L’Orchestre symphonique de Montréal s’est produit mercredi soir, et pour la première fois il était possible de remplir la Maison symphonique grâce aux nouvelles règles sanitaires (pas de distanciation à respecter, mais port du masque en tout temps). Le chef danois Thomas Søndergård, qui remplaçait Vasily Petrenko, n’a pas fait salle comble, mais il s’est démarqué par une maîtrise souveraine des trois partitions au programme.

Car le musicien n’est décidément pas du genre à se contenter de l’à-peu-près. Même dans Precipice, œuvre de la compositrice britanno-colombienne Dorothy Chang dont c’était la création, Søndergård se distingue par son engagement et sa connaissance de la partition, qu’il a probablement eue en main il n’y a pas très longtemps.

Inspirée, aux dires de la compositrice, des différentes menaces (climatiques, sanitaires, etc.) qui planent sur l’humanité, l’œuvre joue sur les accumulations graduelles de sonorités, avec une grande place donnée aux vents, qui enchaînent de courtes mélodies tirant notamment profit des jeux de détimbrage. La présence importante des percussions n’est pas sans donner une certaine couleur asiatique à la partition. C’est intense et intellectuellement stimulant.

D’une dizaine de minutes, Precipice met la table pour la Symphonie no 5 en mi bémol majeur de Sibelius. Et c’est là que le chef invité apparaît sous son plus beau jour, notamment par la qualité de sa communication avec l’orchestre. Il parvient à guider chaque pupitre – on serait presque tenté de dire chaque musicien – dans les méandres de cette partition foisonnante.

Par conséquent, tout est logique, cohérent, ce qui est loin, dans son cas, d’être synonyme de « cérébral ». On a l’impression que Søndergård nous tient par la main pour nous conduire dans un fascinant périple ponctué de mille péripéties. Il est également un chanteur né, comme en témoigne le souffle lyrique du mouvement central.

Le coït a toutefois été brutalement interrompu dans les toutes dernières mesures par un appareil électronique qui s’est mis à émettre le son continu d’une voix.
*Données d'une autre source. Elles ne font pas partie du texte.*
ghost use Rattle.std.specs.Prelude.{◌≡◌, ℕ};
ghost use Rattle.async_cell_model.specs.declared.entry.Kept.{Kept};
ghost use Rattle.async_cell_history.specs.History.{IsTake};
ghost use Rattle.async_cell_wakers.specs.declared.task_waker.TaskWaker.{TaskWaker as Waker};
ghost use Rattle.async_cell_sync.specs.Source.{source_of};

use crate::async_cell::AsyncCell;
use crate::shared::Shared;
use async_cell_core::TaskWaker;
use async_cell_history::{Protocol, Takeable};
use std::sync::{Arc, Wait};

/// A pointer to a cell. `Take`, `Get` and guards work with any such pointer.
pub trait CellRef {
    /// The type of the value in the cell.
    type Value: Drop;

    /// What is known of the values (see `Rule`): `Unruled` if nothing is.
    type Rules: Protocol<Self::Value, TaskWaker>;

    /// The source that a pending future over this pointer has registered with. Leave it out in your
    /// own impl: nothing is then promised of the source.
    ghost waits_for: { Self → ℕ → Type 0 } = { λ _ _. ⊥ };

    /// Returns the cell that it points to: the same one at each call, as futures keep places in it.
    fn cell(&self) -> &AsyncCell<Self::Value, Self::Rules>
        ensures { (s : ℕ) → waits_for self.now s → s ≡ source_of result.now };

    /// Gives up the pointer. If it is an owner, the owner ends. Any other pointer is only dropped.
    fn leave<R: Wait>(self, rt: &R);
}

impl<T: Drop, N: Protocol<T, TaskWaker>> CellRef for &AsyncCell<T, N> {
    type Value = T;

    type Rules = N;

    ghost waits_for = { λ p s. s ≡ source_of p.now };

    fn cell(&self) -> &AsyncCell<T, N> {
        *self
    }

    fn leave<R: Wait>(self, _: &R) {}
}

impl<T: Drop, N: Protocol<T, TaskWaker>> CellRef for Arc<AsyncCell<T, N>> {
    type Value = T;

    type Rules = N;

    ghost waits_for = { λ p s. s ≡ source_of p.value };

    fn cell(&self) -> &AsyncCell<T, N> {
        self.as_ref()
    }

    fn leave<R: Wait>(self, _: &R) {}
}

impl<T: Drop, N: Protocol<T, TaskWaker>> CellRef for Shared<T, N> {
    type Value = T;

    type Rules = N;

    ghost waits_for = { λ p s. s ≡ source_of p.cell.value };

    fn cell(&self) -> &AsyncCell<T, N> {
        Shared::cell(self)
    }

    fn leave<R: Wait>(self, rt: &R) {
        self.end(rt);
    }
}

/// A reference to a pointer is a pointer, too. It is no owner.
impl<C: CellRef> CellRef for &C {
    type Value = C::Value;

    type Rules = C::Rules;

    ghost waits_for = { λ p s. C.waits_for p.now s };

    fn cell(&self) -> &AsyncCell<C::Value, C::Rules> {
        (**self).cell()
    }

    fn leave<R: Wait>(self, _: &R) {}
}

/// A pointer to a cell whose values may be taken.
pub trait TakeRef: CellRef {
    /// Every take may be made.
    ghost takes: { (call : Kept Self.Value Waker) → IsTake call → Self.Rules.may call };
}

impl<T: Drop, N: Takeable<T, TaskWaker>> TakeRef for &AsyncCell<T, N> {
    ghost takes = { N.takes };
}

impl<T: Drop, N: Takeable<T, TaskWaker>> TakeRef for Arc<AsyncCell<T, N>> {
    ghost takes = { N.takes };
}

impl<T: Drop, N: Takeable<T, TaskWaker>> TakeRef for Shared<T, N> {
    ghost takes = { N.takes };
}

impl<C: TakeRef> TakeRef for &C {
    ghost takes = { C.takes };
}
Avec les accords finaux fortississimo (fff) entrecoupés de larges silences, c’était assez gênant. Ce n’est pas comme si les spectateurs n’étaient pas avertis avant chaque concert, dans les deux langues officielles par-dessus le marché…

En début de concert, le pianiste israélien Yefim Bronfman, un habitué de l’OSM, est venu jouer le Concerto no 3 en do mineur de Beethoven. On ne peut pas dire qu’il fut the life of the party, comme dirait l’autre. Il semble presque s’excuser de se faire applaudir en arrivant sur scène. Une fois au clavier, il reste droit comme un roc, balayant le clavier avec une facilité déconcertante, mais déploie une palette de couleurs assez limitée. Hormis de rares piano, notamment dans le mouvement lent, on est souvent dans un forte passablement agressant. Un style très « grand pianiste russe », par ses défauts plutôt que par ses qualités.

La souplesse rythmique n’est pas tellement au rendez-vous non plus, avec un jeu très corseté, voire machinal. La complicité avec le chef est également difficile à percevoir : « Qui m’aime me suive », semble se dire le pianiste. Heureusement, le chef a fait la soirée.

Le concert sera repris ce jeudi à 10 h 30 et 19 h 30.